[Working data Boundary: Start]

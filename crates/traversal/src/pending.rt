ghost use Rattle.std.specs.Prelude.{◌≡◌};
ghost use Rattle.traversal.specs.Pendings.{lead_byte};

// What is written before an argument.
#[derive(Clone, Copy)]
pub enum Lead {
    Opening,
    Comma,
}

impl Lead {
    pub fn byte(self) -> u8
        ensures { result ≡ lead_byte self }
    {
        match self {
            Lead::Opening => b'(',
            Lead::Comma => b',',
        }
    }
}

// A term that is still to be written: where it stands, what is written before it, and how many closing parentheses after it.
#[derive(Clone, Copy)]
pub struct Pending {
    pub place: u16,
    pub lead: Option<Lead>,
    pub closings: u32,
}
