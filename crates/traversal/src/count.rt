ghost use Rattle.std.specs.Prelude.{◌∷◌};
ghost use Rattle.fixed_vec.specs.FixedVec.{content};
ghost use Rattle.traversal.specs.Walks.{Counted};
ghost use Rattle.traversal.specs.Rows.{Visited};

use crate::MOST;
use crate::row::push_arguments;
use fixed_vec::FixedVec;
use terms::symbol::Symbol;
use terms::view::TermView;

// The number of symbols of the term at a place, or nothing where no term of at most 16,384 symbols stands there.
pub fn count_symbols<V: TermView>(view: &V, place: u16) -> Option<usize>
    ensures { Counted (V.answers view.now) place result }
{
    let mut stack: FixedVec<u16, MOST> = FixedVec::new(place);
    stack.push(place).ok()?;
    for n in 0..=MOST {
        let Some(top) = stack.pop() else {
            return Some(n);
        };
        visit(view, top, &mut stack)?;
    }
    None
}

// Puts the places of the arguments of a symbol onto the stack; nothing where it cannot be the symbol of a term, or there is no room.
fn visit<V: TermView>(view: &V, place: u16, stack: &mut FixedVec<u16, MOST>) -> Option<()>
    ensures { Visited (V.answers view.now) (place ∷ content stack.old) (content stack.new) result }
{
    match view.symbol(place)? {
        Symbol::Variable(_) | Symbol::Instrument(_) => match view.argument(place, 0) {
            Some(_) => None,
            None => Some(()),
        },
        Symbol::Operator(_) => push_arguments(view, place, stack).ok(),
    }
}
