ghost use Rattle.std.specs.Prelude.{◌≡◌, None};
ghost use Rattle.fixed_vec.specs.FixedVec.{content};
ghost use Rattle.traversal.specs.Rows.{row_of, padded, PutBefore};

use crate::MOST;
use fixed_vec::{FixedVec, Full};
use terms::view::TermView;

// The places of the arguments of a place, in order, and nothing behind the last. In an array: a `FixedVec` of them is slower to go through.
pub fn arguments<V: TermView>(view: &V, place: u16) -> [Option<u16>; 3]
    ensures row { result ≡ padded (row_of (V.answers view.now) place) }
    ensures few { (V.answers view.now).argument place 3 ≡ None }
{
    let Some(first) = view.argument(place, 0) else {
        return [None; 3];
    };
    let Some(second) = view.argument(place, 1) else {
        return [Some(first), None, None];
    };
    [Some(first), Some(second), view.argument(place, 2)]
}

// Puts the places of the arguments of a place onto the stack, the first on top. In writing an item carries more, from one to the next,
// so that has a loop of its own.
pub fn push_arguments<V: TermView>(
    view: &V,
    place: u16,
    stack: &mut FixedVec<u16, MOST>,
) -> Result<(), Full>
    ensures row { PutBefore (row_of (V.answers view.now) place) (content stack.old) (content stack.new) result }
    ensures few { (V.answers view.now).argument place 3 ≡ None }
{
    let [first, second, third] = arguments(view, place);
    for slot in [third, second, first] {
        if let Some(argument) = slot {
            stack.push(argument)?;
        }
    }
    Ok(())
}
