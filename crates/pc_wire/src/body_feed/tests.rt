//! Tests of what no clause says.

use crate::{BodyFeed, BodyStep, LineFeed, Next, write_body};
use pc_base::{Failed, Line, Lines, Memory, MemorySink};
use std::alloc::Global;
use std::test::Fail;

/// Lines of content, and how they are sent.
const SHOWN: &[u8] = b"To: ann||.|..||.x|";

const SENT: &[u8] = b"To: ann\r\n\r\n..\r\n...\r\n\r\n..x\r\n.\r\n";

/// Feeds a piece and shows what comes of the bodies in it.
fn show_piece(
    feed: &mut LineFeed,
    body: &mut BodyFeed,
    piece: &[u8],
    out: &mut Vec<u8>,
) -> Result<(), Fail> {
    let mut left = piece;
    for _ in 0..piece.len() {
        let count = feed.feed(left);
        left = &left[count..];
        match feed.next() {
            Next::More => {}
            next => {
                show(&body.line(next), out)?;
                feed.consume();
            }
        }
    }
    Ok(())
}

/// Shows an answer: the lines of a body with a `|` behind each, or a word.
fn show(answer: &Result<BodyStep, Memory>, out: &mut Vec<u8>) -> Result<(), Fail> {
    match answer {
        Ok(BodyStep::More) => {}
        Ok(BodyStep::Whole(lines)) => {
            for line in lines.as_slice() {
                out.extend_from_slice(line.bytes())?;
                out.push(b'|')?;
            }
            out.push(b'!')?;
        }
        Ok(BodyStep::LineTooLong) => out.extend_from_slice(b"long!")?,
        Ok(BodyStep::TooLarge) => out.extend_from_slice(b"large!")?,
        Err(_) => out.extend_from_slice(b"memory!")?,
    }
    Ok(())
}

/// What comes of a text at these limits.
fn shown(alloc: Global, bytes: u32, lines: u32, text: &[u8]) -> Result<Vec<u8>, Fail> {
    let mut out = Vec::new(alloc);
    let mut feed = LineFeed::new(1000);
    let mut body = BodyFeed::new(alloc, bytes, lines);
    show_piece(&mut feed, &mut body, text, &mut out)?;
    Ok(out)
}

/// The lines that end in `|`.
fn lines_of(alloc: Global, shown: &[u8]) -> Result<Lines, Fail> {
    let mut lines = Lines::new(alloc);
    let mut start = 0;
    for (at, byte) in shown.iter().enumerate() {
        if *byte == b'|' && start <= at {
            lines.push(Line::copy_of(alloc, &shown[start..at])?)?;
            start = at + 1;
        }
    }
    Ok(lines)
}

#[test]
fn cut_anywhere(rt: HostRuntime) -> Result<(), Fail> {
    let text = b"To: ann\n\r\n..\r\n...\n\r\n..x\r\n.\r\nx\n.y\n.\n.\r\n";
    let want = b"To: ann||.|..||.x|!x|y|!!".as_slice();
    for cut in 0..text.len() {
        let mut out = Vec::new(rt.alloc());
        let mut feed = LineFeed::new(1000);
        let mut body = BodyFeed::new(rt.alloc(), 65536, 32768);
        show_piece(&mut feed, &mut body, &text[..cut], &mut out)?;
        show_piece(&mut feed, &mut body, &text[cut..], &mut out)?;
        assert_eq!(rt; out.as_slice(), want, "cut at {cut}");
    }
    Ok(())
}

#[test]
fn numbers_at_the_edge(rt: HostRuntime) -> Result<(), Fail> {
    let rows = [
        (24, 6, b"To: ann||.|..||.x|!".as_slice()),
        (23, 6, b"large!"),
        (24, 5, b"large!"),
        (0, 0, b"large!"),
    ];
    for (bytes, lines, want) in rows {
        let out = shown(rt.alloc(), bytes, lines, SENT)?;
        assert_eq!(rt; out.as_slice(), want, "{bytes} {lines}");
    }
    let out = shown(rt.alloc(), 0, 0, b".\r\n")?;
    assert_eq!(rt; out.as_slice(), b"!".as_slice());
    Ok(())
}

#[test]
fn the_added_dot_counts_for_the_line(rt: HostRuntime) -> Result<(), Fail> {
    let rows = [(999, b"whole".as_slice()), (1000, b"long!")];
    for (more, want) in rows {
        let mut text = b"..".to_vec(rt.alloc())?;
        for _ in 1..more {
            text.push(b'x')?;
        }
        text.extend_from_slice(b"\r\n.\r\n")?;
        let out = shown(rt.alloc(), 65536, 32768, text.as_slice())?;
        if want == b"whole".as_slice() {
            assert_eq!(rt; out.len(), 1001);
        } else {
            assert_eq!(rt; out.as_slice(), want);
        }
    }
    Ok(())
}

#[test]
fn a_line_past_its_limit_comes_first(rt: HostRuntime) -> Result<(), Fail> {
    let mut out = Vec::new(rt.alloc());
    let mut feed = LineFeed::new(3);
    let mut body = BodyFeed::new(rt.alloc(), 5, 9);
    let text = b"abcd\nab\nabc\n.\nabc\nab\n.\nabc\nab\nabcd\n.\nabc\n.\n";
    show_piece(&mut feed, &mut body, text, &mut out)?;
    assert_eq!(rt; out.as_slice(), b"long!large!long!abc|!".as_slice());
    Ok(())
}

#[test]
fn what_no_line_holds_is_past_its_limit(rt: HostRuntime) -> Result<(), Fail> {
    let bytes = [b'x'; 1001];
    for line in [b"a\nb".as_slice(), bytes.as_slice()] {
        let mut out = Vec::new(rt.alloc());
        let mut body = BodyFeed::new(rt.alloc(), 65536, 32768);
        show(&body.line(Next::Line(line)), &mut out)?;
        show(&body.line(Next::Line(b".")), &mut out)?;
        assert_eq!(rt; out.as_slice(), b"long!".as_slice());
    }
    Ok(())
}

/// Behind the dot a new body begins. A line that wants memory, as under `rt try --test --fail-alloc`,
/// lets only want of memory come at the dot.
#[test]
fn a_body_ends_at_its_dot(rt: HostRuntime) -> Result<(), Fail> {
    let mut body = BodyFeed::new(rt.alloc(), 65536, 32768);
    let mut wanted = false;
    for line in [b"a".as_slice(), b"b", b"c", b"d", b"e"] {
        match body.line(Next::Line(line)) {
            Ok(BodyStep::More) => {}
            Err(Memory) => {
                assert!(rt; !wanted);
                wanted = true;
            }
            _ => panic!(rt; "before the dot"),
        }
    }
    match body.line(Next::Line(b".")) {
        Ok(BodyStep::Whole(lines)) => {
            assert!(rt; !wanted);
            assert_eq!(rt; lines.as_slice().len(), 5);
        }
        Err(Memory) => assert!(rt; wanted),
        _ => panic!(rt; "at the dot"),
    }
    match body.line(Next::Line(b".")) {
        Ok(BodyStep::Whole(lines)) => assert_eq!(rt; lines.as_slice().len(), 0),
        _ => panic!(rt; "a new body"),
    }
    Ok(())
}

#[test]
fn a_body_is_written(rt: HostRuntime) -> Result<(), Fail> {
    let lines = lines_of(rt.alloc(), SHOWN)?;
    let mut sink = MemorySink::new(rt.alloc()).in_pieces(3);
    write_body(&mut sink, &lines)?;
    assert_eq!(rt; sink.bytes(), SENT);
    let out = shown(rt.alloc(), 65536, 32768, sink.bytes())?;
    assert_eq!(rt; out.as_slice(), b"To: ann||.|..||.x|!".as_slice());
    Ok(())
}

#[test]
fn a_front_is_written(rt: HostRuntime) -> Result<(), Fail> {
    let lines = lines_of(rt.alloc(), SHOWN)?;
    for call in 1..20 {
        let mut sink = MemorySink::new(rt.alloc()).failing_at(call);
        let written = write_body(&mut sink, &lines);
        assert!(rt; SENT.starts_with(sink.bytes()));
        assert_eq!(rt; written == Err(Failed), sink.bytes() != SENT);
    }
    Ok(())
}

[Working data Boundary: End]
[Working data Boundary: Start]

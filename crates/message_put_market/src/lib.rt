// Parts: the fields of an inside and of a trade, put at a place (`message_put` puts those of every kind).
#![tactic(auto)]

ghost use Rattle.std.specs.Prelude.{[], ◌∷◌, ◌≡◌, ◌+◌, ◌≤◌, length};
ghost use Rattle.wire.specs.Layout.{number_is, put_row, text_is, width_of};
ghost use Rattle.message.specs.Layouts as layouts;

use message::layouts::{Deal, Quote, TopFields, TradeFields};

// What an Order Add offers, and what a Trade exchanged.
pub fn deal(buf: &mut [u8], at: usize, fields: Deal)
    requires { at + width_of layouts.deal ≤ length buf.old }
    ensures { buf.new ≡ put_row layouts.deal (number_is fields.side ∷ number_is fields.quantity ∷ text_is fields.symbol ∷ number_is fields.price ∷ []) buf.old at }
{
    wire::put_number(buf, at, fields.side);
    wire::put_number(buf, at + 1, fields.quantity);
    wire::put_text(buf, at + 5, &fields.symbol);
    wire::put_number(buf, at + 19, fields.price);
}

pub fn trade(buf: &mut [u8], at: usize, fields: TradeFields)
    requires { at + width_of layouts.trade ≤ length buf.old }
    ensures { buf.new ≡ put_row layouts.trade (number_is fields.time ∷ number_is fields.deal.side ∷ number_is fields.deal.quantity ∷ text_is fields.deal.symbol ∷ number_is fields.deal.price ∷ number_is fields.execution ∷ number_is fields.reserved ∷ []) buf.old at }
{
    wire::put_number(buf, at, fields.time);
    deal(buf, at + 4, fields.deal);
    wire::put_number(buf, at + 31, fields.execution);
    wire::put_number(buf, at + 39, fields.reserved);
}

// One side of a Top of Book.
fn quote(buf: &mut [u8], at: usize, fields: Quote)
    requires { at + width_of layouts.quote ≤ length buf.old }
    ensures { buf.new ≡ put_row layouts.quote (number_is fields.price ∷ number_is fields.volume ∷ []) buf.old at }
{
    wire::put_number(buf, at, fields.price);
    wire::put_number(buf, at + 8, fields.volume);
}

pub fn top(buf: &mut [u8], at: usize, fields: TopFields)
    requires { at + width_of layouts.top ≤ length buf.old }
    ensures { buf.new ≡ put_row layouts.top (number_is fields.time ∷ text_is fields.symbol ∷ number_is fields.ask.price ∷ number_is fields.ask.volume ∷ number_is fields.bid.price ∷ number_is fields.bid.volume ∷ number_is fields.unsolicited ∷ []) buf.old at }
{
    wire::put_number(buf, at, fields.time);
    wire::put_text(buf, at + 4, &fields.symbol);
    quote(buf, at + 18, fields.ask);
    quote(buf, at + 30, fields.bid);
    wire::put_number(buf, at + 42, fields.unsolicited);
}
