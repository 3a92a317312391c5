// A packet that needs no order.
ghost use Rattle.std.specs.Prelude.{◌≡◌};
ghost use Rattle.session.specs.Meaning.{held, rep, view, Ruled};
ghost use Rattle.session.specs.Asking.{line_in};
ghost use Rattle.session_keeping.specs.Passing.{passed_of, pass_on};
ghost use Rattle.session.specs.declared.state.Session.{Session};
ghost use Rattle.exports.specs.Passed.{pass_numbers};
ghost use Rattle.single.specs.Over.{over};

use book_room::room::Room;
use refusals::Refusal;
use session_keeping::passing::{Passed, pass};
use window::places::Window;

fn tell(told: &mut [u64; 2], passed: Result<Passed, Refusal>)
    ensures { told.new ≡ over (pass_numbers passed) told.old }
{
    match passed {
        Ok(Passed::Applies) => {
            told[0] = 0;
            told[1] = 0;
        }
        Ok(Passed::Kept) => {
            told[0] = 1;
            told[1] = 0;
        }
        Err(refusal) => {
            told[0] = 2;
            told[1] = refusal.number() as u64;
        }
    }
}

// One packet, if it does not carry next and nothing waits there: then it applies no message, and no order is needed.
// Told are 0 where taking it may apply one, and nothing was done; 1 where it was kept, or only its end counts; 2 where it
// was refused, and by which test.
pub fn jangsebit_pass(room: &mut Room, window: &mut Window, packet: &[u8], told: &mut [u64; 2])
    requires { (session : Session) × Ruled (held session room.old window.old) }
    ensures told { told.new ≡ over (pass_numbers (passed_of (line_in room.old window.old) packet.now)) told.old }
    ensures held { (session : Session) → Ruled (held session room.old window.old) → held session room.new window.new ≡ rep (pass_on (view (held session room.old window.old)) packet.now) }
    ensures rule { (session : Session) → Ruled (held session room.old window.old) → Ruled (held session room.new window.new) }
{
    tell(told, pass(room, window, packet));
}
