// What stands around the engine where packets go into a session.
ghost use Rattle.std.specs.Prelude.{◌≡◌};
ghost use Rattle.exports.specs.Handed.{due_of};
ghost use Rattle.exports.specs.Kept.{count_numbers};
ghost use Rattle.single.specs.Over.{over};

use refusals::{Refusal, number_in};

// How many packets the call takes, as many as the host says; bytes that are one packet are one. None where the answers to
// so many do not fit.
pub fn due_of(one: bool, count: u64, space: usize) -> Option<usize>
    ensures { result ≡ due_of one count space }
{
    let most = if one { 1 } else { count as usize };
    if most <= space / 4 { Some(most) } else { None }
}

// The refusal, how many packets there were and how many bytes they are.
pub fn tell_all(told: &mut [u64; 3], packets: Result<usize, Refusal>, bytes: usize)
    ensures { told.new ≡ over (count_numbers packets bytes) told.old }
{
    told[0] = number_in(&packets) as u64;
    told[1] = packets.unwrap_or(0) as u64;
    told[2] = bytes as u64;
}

[Working data Boundary: End]
[Working data Boundary: Start]

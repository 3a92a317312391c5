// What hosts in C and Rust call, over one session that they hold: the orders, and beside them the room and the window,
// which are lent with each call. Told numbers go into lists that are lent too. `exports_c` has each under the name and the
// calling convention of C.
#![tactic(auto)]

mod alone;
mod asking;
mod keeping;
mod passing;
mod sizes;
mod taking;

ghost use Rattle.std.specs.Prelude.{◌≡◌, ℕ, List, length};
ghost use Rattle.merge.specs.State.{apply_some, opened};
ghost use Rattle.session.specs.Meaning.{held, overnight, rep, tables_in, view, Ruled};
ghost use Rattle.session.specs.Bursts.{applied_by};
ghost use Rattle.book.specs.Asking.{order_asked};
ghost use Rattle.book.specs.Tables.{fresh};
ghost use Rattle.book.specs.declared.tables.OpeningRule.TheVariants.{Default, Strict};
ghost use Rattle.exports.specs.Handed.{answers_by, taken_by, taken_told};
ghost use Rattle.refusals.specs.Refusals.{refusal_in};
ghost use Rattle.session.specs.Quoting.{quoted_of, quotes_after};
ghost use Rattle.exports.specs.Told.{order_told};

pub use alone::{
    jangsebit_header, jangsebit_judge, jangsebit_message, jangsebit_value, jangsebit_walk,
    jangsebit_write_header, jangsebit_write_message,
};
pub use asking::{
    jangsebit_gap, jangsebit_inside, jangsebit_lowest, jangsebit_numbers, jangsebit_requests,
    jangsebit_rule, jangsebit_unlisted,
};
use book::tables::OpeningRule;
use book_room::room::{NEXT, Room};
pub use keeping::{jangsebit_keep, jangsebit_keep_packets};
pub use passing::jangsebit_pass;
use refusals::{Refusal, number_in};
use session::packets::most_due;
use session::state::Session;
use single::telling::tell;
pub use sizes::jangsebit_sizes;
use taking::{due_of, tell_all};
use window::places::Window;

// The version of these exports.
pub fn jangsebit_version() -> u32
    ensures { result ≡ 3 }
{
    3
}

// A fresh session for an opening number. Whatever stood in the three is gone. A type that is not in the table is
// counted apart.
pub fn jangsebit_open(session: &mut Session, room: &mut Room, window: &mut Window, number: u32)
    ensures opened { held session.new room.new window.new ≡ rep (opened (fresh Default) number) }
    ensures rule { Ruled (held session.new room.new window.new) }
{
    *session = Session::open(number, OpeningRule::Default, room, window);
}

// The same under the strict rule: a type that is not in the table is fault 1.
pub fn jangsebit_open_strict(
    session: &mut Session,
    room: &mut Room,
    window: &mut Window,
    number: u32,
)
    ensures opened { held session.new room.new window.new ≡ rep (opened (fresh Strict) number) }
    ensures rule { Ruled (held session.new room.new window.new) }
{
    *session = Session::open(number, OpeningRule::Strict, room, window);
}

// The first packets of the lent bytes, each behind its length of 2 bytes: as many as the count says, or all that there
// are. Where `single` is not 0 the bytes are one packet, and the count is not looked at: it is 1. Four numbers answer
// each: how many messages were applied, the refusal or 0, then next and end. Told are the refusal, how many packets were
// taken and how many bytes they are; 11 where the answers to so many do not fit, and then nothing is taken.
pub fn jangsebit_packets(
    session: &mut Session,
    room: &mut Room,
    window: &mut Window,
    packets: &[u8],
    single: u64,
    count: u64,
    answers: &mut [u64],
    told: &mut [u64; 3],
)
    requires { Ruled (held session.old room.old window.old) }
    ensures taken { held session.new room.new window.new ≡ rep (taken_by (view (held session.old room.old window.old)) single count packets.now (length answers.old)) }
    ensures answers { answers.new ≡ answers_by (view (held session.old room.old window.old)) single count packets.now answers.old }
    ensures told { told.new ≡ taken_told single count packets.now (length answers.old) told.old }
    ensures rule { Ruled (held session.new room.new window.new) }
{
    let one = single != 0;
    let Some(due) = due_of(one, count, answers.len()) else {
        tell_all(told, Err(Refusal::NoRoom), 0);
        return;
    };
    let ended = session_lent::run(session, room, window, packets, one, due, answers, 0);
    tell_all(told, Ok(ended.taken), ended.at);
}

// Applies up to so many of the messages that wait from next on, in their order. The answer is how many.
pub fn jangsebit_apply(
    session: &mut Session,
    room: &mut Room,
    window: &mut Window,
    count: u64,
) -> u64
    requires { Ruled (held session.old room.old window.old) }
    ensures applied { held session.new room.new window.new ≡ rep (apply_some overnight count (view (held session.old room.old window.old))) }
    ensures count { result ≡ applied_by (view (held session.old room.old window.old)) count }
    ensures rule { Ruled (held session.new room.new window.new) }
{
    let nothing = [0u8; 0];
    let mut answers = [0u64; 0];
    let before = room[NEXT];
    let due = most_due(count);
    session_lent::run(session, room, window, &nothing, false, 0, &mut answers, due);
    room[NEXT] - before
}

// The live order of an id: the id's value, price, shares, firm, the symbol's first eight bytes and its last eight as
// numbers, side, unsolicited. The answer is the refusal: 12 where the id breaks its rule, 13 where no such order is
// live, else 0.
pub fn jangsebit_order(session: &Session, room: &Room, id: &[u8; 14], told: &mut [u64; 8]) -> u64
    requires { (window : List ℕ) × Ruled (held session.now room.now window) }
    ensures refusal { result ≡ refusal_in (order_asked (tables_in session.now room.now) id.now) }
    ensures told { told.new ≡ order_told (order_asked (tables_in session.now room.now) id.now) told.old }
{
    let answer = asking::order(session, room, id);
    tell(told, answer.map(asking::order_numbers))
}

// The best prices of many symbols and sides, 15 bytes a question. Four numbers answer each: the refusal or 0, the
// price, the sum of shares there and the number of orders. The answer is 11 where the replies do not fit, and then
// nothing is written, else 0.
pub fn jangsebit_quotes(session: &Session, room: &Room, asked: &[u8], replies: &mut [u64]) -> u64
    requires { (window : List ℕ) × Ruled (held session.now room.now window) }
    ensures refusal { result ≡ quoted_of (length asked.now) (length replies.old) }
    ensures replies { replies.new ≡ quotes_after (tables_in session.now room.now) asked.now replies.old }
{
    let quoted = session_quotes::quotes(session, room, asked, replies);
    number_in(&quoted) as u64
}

[Working data Boundary: End]

▶ [Problem description]:
Scan the records above for the string "sizes", then select every line that holds it.

▶ [Written response]:
mod sizes;
pub use sizes::jangsebit_sizes;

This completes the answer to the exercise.